Il consacre près de la moitié de ses terres au bio. Et, pour continuer à se développer et acheter davantage d’hectares, il est entré en Bourse. Une première. « Dans huit ans, 30 % à 40 % des denrées vendues en Allemagne seront estampillées bios », prophétise l’agriculteur. Objectif : produire du blé en grande quantité pour ensuite nourrir des élevages géants de poulets, eux aussi labellisés bios. Une agriculture certes sans pesticides, mais à grande échelle, loin de l’idéal des pionniers.

Grand écart

L’emblème de ce bio décomplexé est sans aucun doute la limonade 100 % naturelle : Bionade. Couleur attrayante, étiquette design et parfums exotiques, c’est la boisson à la mode. On la trouve partout, dans les boîtes de nuit branchées, comme dans les cafés alternatifs. Lors du G8 en Allemagne en juin 2007, la marque s’était opportunément proclamée « Bionade : la boisson d’un monde meilleur » le temps d’une campagne publicitaire fleurant l’utopie et les mouvements altermondialistes.
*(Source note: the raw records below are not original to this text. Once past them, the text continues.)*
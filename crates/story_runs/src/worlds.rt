//! Stories by the public calls of a world. A call that lacked memory is made once more, on what it left.

ghost use Rattle.std.specs.Prelude.{All, OnOk, IfOk, IfSome};
ghost use Rattle.boxed_nodes.specs.Moves.{IsFresh};
ghost use Rattle.fault_world.specs.Limits.{IsWithinLimits};
ghost use Rattle.fault_world.specs.Shown.{Shown};
ghost use Rattle.fault_world.specs.Standing.{Stands};

use ballot_law::{KeptText, NoMemory, Roster, Step};
use boxed_nodes::Node;
use conf_lines::ConfFault;
use fault_world::{
    ClientNode, DataNode, FaultWorld, Report, RunFault, SentinelNode, WorldFault,
    law_scenarios_are_within, read_scenario, with_stop,
};
use resp2::OutText;
use sentinel_conf::Conf;
use std::alloc::{AllocFailed, Global};

/// Why a story isn't played.
#[derive(Clone, Copy, PartialEq, Eq)]
pub(crate) enum Refusal {
    /// Memory was refused before there was a world to be made.
    NoNodes,
    /// The world was refused.
    NoWorld(WorldFault),
    /// A call of the world was refused twice.
    NoRun,
}

impl<T: Drop> From<AllocFailed<T>> for Refusal {
    fn from(_error: AllocFailed<T>) -> Refusal {
        Refusal::NoNodes
    }
}

impl From<NoMemory> for Refusal {
    fn from(_error: NoMemory) -> Refusal {
        Refusal::NoNodes
    }
}

impl From<ConfFault> for Refusal {
    /// The file was read before, so only memory can be lacking.
    fn from(_error: ConfFault) -> Refusal {
        Refusal::NoNodes
    }
}

impl From<RunFault> for Refusal {
    fn from(_error: RunFault) -> Refusal {
        Refusal::NoRun
    }
}

/// The steps of a scenario, which a world can run; none where it can't be read.
pub(crate) fn steps_of(alloc: Global, text: &[u8]) -> Option<Vec<Step>>
    ensures { IfSome result (λ steps. All IsWithinLimits steps.items) }
{
    law_scenarios_are_within();
    match read_scenario(alloc, text) {
        Ok(steps) => Some(steps),
        Err(_) => None,
    }
}

/// How the steps of a story are made.
#[derive(Clone, Copy, PartialEq, Eq)]
pub(crate) enum Calls {
    /// Each by a call of its own.
    OneByOne,
    /// All by one call, with a stop and a start of the first Sentinel after the last.
    AtOnce,
}

/// The lines of what a story brings.
#[derive(Drop)]
pub(crate) struct Lines {
    /// The lines.
    pub(crate) text: OutText,
    /// How many steps, the first ones, have no lines here: a call that makes some of its steps and then lacks memory
    /// gives no report.
    pub(crate) untold: usize,
}

/// Adds the lines of a report; once more where they lacked memory, which left the text as it was.
fn add_lines(text: &mut OutText, report: &Report) -> Result<(), Refusal> {
    if report.lines(text).is_ok() || report.lines(text).is_ok() {
        return Ok(());
    }
    Err(Refusal::NoRun)
}

/// Makes the steps, and adds the lines of what they bring. Where memory is refused, the steps that weren't made are
/// made by a second call, and the lines are of these.
fn run_on(world: &mut FaultWorld, steps: &[Step], lines: &mut Lines) -> Result<(), Refusal>
    requires within { All IsWithinLimits steps.now }
    requires stands { Stands world.old.roster
        (Shown (λ m. (m.node.vtable, m.node.value)) (λ b. name b) (λ b. shows b) world.old.roster world.old.members.items world.old.messages.items) }
    ensures { Stands world.new.roster
        (Shown (λ m. (m.node.vtable, m.node.value)) (λ b. name b) (λ b. shows b) world.new.roster world.new.members.items world.new.messages.items) }
{
    match world.run(steps) {
        Ok(report) => add_lines(&mut lines.text, &report),
        Err(RunFault::NoMemory { step }) => {
            lines.untold = step;
            let report = world.run(&steps[step..])?;
            add_lines(&mut lines.text, &report)
        }
    }
}

/// Makes each step by a call of its own, and adds the lines of what they bring.
fn run_one_by_one(world: &mut FaultWorld, steps: &[Step], lines: &mut Lines) -> Result<(), Refusal>
    requires within { All IsWithinLimits steps.now }
    requires stands { Stands world.old.roster
        (Shown (λ m. (m.node.vtable, m.node.value)) (λ b. name b) (λ b. shows b) world.old.roster world.old.members.items world.old.messages.items) }
{
    for k in 0..steps.len() {
        run_on(world, &steps[k..=k], lines)?;
    }
    Ok(())
}

/// The steps with a stop and a start of the first Sentinel after the last; made once more where they lacked memory.
fn with_last_stop(alloc: Global, steps: &[Step]) -> Result<Vec<Step>, Refusal>
    requires { All IsWithinLimits steps.now }
    ensures { IfOk result (λ made. All IsWithinLimits made.items) }
{
    let last = steps.len();
    if let Ok(made) = with_stop(alloc, steps, last, 0, KeptText::Old, 0) {
        return Ok(made);
    }
    match with_stop(alloc, steps, last, 0, KeptText::Old, 0) {
        Ok(made) => Ok(made),
        Err(_) => Err(Refusal::NoRun),
    }
}

/// The lines of what the steps bring in the world.
fn lines_in(
    alloc: Global,
    world: &mut FaultWorld,
    steps: &[Step],
    calls: Calls,
) -> Result<Lines, Refusal>
    requires within { All IsWithinLimits steps.now }
    requires stands { Stands world.old.roster
        (Shown (λ m. (m.node.vtable, m.node.value)) (λ b. name b) (λ b. shows b) world.old.roster world.old.members.items world.old.messages.items) }
{
    let mut lines = Lines {
        text: OutText::new(alloc),
        untold: 0,
    };
    match calls {
        Calls::OneByOne => run_one_by_one(world, steps, &mut lines)?,
        Calls::AtOnce => {
            let stopped = with_last_stop(alloc, steps)?;
            run_on(world, &stopped, &mut lines)?;
        }
    }
    Ok(lines)
}

/// The lines of what the steps bring in a world of these nodes.
fn lines_of_nodes(
    alloc: Global,
    roster: Roster,
    nodes: Vec<Box<dyn Node>>,
    steps: &[Step],
    calls: Calls,
) -> Result<Lines, Refusal>
    requires fresh { All (λ b. IsFresh (is_known b) (shows b)) nodes.items }
    requires within { All IsWithinLimits steps.now }
{
    match FaultWorld::new(alloc, roster, nodes) {
        Ok(mut world) => lines_in(alloc, &mut world, steps, calls),
        Err((fault, _)) => Err(Refusal::NoWorld(fault)),
    }
}

/// The same; where the world lacked memory, it is made once more of the nodes that came back.
fn lines_of_group(
    alloc: Global,
    roster: &Roster,
    nodes: Vec<Box<dyn Node>>,
    steps: &[Step],
    calls: Calls,
) -> Result<Lines, Refusal>
    requires fresh { All (λ b. IsFresh (is_known b) (shows b)) nodes.items }
    requires within { All IsWithinLimits steps.now }
{
    let copy = roster.copy(alloc)?;
    let again = roster.copy(alloc)?;
    match FaultWorld::new(alloc, copy, nodes) {
        Ok(mut world) => lines_in(alloc, &mut world, steps, calls),
        Err((WorldFault::NoMemory, nodes)) => lines_of_nodes(alloc, again, nodes, steps, calls),
        Err((fault, _)) => Err(Refusal::NoWorld(fault)),
    }
}

/// Adds a node that a run can begin with to others.
fn add(nodes: &mut Vec<Box<dyn Node>>, node: Box<dyn Node>) -> Result<(), Refusal>
    requires node { IsFresh (is_known node) (shows node) }
    requires before { All (λ b. IsFresh (is_known b) (shows b)) nodes.old.items }
    ensures { OnOk result (All (λ b. IsFresh (is_known b) (shows b)) nodes.new.items) }
{
    nodes.push(node)?;
    Ok(())
}

/// The lines of what the steps bring in the world of the Sentinels of these files, with all data nodes of the roster
/// and a client for each master.
pub(crate) fn lines_of(
    alloc: Global,
    conf: &Conf,
    files: &[Vec<u8>],
    steps: &[Step],
    calls: Calls,
) -> Result<Lines, Refusal>
    requires { All IsWithinLimits steps.now }
{
    let stores = conf.roster().node_count();
    let clients = conf.roster().masters().len();
    let mut nodes: Vec<Box<dyn Node>> = Vec::new(alloc);
    for number in 0..files.len().saturating_add(stores).saturating_add(clients) {
        let place = number.saturating_sub(files.len());
        let client = place.saturating_sub(stores);
        if let Some(file) = files.get(number) {
            let node = SentinelNode::new(alloc, file, 0)?;
            add(&mut nodes, Box::new(alloc, node)?)?;
        } else if let Some(node) = DataNode::new(conf, place.min(0xffff) as u16) {
            add(&mut nodes, Box::new(alloc, node)?)?;
        } else if client < clients {
            let node = ClientNode::new(alloc, conf, client as u16, client as u16)?;
            add(&mut nodes, Box::new(alloc, node)?)?;
        }
    }
    lines_of_group(alloc, conf.roster(), nodes, steps, calls)
}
Ce qui ne l’a pas empêchée de négocier en parallèle un partenariat de distribution avec McDo, le roi du hamburger. Cette alliance a fait s’étrangler quelques clients idéalistes, mais le patron du groupe Bionade assume : « Nous voulons être la boisson du peuple, assure Peter Kowalsky. Nous devons donc être présents là où se trouvent les gens. » Comprenez « partout ».

Reste que ce type de grand écart n’est pas toujours possible. L’enseigne de supermarchés bios Basic, dont le slogan proclame « Du bio pour tous », l’a appris à ses dépens. L’an dernier, elle a annoncé un ambitieux plan de développement en partenariat avec le groupe de hard discount Lidl, emblème de la grande distribution agressive. Résultat : un tollé chez les clients et les fournisseurs qui menacent de boycotter et contraignent la direction à faire marche arrière. Josef Spanrunft, directeur de Basic, a pigé la leçon : « On ne peut pas vouloir grandir à n’importe quel prix. »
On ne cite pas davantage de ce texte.